[Opening DATA EXTRACT section]

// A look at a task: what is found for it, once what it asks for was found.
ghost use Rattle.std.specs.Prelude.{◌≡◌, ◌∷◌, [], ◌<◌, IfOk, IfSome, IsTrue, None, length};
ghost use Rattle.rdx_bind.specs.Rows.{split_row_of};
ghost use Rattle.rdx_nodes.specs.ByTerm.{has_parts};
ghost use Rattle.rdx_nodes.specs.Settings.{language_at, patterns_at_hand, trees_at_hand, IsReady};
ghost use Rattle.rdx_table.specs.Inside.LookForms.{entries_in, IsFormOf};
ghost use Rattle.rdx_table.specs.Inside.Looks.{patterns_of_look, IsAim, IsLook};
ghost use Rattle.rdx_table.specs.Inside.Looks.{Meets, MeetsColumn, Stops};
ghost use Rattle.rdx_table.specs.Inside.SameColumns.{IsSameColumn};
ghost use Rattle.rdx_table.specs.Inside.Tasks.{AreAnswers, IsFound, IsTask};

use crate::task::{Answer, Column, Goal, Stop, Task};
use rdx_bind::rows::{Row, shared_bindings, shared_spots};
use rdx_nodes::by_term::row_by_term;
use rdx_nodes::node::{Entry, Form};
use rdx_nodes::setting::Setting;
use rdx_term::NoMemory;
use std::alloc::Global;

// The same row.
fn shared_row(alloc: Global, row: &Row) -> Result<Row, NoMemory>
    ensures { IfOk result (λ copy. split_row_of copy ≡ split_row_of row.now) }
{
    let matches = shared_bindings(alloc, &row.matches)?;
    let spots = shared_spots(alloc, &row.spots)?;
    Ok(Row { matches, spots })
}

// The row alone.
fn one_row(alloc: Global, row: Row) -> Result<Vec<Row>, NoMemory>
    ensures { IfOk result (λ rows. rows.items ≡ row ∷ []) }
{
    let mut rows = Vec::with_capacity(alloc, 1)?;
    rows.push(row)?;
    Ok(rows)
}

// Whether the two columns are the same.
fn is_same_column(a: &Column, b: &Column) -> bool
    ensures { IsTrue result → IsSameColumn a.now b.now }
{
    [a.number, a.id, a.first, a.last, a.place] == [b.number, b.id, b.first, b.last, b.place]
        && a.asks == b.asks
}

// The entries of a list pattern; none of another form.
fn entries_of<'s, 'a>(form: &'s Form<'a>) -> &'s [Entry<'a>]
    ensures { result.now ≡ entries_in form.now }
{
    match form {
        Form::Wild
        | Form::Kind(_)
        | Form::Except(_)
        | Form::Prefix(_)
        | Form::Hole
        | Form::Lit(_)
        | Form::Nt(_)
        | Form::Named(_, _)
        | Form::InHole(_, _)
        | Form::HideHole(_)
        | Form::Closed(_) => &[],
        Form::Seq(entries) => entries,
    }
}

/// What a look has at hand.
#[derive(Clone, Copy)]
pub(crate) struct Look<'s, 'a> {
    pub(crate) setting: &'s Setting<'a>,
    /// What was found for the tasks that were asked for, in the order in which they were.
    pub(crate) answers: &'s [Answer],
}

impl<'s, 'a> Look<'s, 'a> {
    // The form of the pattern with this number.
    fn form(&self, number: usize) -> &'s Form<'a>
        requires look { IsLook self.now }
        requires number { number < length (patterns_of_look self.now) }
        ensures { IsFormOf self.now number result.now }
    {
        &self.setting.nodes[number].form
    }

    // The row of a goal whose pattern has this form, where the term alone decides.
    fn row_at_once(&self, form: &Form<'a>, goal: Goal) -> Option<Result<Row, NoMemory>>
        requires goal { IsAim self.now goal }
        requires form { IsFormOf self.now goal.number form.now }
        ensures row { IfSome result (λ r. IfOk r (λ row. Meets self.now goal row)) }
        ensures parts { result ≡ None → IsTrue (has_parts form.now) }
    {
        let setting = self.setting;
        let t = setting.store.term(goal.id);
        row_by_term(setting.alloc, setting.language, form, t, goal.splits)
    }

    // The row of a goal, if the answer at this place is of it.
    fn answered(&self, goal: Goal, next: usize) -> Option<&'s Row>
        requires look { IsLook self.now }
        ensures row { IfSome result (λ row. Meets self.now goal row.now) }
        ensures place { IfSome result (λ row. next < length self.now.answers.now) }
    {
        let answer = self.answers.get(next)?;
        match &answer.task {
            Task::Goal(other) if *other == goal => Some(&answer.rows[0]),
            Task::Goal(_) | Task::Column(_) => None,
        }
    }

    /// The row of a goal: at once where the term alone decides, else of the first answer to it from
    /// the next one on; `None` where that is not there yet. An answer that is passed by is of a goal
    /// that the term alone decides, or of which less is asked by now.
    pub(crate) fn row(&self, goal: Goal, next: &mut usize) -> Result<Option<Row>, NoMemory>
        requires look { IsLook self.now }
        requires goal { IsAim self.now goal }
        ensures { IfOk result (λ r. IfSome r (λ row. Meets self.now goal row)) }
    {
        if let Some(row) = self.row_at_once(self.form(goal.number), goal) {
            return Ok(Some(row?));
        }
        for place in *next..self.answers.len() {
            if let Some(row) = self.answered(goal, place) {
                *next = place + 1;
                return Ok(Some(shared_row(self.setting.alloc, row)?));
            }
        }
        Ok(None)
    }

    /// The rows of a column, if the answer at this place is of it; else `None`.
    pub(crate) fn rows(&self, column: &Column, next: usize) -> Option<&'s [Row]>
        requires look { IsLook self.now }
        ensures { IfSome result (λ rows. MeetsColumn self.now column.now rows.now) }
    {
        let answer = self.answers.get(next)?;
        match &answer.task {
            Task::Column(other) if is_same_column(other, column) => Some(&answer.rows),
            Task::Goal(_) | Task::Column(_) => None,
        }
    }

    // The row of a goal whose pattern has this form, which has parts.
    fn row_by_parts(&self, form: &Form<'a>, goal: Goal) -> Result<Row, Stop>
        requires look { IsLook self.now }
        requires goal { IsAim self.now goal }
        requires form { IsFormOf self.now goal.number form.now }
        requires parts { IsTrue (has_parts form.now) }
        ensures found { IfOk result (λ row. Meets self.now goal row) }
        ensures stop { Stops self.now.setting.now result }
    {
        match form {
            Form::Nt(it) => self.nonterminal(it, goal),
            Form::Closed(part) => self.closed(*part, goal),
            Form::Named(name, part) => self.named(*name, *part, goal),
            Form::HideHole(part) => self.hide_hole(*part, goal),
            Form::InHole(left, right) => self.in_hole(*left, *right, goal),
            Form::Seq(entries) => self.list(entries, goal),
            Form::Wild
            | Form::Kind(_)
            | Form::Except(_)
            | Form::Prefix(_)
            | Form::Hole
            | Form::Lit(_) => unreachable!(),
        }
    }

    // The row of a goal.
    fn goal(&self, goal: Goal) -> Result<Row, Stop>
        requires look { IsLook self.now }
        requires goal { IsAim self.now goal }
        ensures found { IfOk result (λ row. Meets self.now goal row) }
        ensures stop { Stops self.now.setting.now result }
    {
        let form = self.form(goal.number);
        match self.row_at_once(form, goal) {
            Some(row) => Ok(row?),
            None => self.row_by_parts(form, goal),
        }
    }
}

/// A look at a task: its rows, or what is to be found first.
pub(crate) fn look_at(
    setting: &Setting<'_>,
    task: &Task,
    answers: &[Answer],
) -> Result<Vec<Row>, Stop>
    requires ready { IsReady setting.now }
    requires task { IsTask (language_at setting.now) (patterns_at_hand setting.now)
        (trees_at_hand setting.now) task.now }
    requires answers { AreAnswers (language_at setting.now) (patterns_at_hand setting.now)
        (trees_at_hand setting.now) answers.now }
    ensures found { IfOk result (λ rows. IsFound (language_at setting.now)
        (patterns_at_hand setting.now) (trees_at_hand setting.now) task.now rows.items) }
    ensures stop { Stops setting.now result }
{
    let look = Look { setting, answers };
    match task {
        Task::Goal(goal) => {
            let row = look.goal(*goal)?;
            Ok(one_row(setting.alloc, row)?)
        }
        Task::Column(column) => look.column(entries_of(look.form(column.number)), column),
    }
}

[Closing DATA EXTRACT section]
[Opening DATA EXTRACT section]

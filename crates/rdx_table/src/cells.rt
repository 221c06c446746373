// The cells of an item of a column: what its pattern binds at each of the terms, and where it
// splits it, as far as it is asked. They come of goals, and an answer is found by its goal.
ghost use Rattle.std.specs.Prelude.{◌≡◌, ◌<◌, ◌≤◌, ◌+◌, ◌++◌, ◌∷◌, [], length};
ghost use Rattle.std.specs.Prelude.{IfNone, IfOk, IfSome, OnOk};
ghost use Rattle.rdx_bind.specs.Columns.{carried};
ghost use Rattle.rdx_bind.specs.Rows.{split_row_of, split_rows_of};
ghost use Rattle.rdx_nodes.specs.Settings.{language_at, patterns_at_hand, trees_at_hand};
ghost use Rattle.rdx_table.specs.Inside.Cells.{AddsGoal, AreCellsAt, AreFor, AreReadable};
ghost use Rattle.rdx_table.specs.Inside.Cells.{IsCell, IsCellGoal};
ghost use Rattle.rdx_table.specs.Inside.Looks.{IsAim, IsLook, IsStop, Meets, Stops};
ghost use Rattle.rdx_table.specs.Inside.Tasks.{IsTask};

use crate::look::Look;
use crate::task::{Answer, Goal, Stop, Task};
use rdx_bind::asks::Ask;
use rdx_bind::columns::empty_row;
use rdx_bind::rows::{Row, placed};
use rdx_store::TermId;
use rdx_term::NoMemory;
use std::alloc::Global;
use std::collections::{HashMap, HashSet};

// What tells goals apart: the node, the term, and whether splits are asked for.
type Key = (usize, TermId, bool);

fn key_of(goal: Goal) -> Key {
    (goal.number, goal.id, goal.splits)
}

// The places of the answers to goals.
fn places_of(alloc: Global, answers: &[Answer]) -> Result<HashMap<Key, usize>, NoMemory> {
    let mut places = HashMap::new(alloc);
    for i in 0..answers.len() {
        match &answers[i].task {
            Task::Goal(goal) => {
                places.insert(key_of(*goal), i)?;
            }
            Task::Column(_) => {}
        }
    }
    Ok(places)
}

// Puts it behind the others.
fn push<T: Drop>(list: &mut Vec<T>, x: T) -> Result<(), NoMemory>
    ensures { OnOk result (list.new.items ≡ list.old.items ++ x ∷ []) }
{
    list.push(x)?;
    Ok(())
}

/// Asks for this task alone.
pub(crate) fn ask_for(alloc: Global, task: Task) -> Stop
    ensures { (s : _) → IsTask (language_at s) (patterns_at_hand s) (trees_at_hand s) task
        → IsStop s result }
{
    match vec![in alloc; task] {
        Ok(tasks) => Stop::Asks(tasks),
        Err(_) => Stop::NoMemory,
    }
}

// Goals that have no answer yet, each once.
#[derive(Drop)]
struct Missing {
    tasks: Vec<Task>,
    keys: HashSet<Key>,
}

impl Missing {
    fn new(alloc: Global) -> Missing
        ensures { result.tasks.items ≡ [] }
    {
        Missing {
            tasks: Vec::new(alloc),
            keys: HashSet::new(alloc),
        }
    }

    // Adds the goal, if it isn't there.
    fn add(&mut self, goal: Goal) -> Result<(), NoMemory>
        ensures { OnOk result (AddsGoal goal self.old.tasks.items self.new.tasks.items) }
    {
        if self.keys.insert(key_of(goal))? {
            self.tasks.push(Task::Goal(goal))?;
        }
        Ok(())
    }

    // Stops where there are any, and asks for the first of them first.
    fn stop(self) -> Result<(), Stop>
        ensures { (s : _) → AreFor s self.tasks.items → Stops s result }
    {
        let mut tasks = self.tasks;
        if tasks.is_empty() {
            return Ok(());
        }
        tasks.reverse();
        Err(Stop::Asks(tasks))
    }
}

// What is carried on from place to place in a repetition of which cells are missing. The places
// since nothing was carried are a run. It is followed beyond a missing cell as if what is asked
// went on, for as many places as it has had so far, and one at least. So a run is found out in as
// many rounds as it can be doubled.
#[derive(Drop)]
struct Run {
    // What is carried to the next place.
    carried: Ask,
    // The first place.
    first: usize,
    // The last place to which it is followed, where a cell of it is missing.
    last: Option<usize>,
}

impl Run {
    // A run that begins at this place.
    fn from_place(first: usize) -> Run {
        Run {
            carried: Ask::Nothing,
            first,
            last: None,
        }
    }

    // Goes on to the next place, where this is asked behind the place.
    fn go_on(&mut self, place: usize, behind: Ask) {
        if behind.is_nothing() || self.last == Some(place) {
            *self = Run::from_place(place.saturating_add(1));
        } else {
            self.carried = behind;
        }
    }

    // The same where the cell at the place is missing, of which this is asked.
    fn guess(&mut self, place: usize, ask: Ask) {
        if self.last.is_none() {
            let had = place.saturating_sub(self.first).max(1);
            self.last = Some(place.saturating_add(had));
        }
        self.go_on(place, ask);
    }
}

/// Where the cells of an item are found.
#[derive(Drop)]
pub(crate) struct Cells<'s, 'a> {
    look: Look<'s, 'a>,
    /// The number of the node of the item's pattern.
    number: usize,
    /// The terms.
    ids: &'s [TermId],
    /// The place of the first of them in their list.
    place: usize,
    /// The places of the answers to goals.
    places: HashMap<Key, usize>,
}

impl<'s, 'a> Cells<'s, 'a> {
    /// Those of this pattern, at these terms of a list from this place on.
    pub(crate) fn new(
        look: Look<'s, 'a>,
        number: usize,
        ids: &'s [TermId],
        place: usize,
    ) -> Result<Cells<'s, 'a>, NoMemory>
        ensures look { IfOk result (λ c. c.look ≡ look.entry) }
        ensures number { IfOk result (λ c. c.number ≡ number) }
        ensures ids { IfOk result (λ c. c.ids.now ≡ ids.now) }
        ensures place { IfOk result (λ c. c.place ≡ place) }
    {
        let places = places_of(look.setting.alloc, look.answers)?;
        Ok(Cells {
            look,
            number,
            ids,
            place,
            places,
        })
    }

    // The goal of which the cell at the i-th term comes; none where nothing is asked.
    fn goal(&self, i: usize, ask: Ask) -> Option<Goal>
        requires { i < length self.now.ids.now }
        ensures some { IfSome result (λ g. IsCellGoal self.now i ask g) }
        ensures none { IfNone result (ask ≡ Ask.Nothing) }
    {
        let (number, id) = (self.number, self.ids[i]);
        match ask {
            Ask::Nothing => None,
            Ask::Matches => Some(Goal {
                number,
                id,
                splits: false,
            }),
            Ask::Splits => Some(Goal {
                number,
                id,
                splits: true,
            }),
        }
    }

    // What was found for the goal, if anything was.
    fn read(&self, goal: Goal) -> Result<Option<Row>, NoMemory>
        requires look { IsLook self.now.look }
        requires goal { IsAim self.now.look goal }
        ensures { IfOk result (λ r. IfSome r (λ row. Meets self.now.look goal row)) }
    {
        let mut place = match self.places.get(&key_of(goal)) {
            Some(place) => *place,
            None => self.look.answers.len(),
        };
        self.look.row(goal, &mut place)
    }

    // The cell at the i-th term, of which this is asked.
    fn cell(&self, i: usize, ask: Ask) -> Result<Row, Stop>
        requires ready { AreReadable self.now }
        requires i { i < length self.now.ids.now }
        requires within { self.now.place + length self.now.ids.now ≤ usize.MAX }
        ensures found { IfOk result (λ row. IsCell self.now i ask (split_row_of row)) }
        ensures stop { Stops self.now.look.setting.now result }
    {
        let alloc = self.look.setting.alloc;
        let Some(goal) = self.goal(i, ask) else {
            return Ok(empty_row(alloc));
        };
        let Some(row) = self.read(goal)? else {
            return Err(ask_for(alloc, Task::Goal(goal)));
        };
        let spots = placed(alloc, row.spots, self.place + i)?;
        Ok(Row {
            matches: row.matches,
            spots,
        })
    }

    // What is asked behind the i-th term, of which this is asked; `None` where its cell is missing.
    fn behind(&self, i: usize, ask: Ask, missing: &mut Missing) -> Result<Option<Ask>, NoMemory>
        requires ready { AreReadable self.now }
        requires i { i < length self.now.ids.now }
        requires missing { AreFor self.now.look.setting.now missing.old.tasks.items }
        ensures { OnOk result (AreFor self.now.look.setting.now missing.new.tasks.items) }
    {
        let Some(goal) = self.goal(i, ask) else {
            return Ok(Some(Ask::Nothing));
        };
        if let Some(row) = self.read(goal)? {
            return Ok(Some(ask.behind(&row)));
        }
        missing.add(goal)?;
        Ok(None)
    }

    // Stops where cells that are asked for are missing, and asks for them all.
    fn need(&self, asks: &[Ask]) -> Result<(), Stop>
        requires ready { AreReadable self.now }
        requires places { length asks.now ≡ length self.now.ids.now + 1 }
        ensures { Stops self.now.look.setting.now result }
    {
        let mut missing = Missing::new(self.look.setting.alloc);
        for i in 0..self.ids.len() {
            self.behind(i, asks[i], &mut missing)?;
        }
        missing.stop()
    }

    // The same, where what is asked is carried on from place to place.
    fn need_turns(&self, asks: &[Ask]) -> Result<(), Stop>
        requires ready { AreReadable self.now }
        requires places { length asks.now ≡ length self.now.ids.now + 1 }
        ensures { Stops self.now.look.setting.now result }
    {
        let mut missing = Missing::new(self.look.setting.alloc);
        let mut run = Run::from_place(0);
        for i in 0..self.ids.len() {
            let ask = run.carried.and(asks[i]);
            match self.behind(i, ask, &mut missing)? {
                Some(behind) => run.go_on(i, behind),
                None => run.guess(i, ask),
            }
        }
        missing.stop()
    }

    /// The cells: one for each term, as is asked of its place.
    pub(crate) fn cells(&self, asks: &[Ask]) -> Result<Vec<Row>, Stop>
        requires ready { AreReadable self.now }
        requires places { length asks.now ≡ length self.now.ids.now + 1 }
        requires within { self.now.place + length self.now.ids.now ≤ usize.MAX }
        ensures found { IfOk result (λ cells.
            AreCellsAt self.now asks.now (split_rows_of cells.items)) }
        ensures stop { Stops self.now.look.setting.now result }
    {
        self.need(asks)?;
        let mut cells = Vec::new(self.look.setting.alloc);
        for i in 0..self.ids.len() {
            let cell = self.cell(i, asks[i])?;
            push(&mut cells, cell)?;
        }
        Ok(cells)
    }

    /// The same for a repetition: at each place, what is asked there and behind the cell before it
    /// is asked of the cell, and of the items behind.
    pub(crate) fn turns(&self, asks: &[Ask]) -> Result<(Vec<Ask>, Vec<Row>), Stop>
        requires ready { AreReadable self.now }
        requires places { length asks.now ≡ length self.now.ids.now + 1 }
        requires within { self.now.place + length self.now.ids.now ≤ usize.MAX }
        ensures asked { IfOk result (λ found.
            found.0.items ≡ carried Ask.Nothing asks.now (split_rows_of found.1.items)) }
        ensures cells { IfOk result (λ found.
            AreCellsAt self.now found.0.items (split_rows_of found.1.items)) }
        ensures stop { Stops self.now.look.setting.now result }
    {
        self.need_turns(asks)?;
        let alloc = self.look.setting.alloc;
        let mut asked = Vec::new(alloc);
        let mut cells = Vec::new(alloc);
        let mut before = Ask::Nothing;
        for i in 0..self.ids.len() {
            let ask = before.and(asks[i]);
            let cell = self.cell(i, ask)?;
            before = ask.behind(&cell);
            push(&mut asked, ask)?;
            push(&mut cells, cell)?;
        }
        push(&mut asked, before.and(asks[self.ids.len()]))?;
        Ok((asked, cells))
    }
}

[Closing DATA EXTRACT section]

#### TASK REQUIREMENTS:
When a line contains the string "that", copy it from the records.

#### TASK OUTPUT:
    /// What was found for the tasks that were asked for, in the order in which they were.
    /// the next one on; `None` where that is not there yet. An answer that is passed by is of a goal
    /// that the term alone decides, or of which less is asked by now.
// Goals that have no answer yet, each once.
    // A run that begins at this place.
    // Stops where cells that are asked for are missing, and asks for them all.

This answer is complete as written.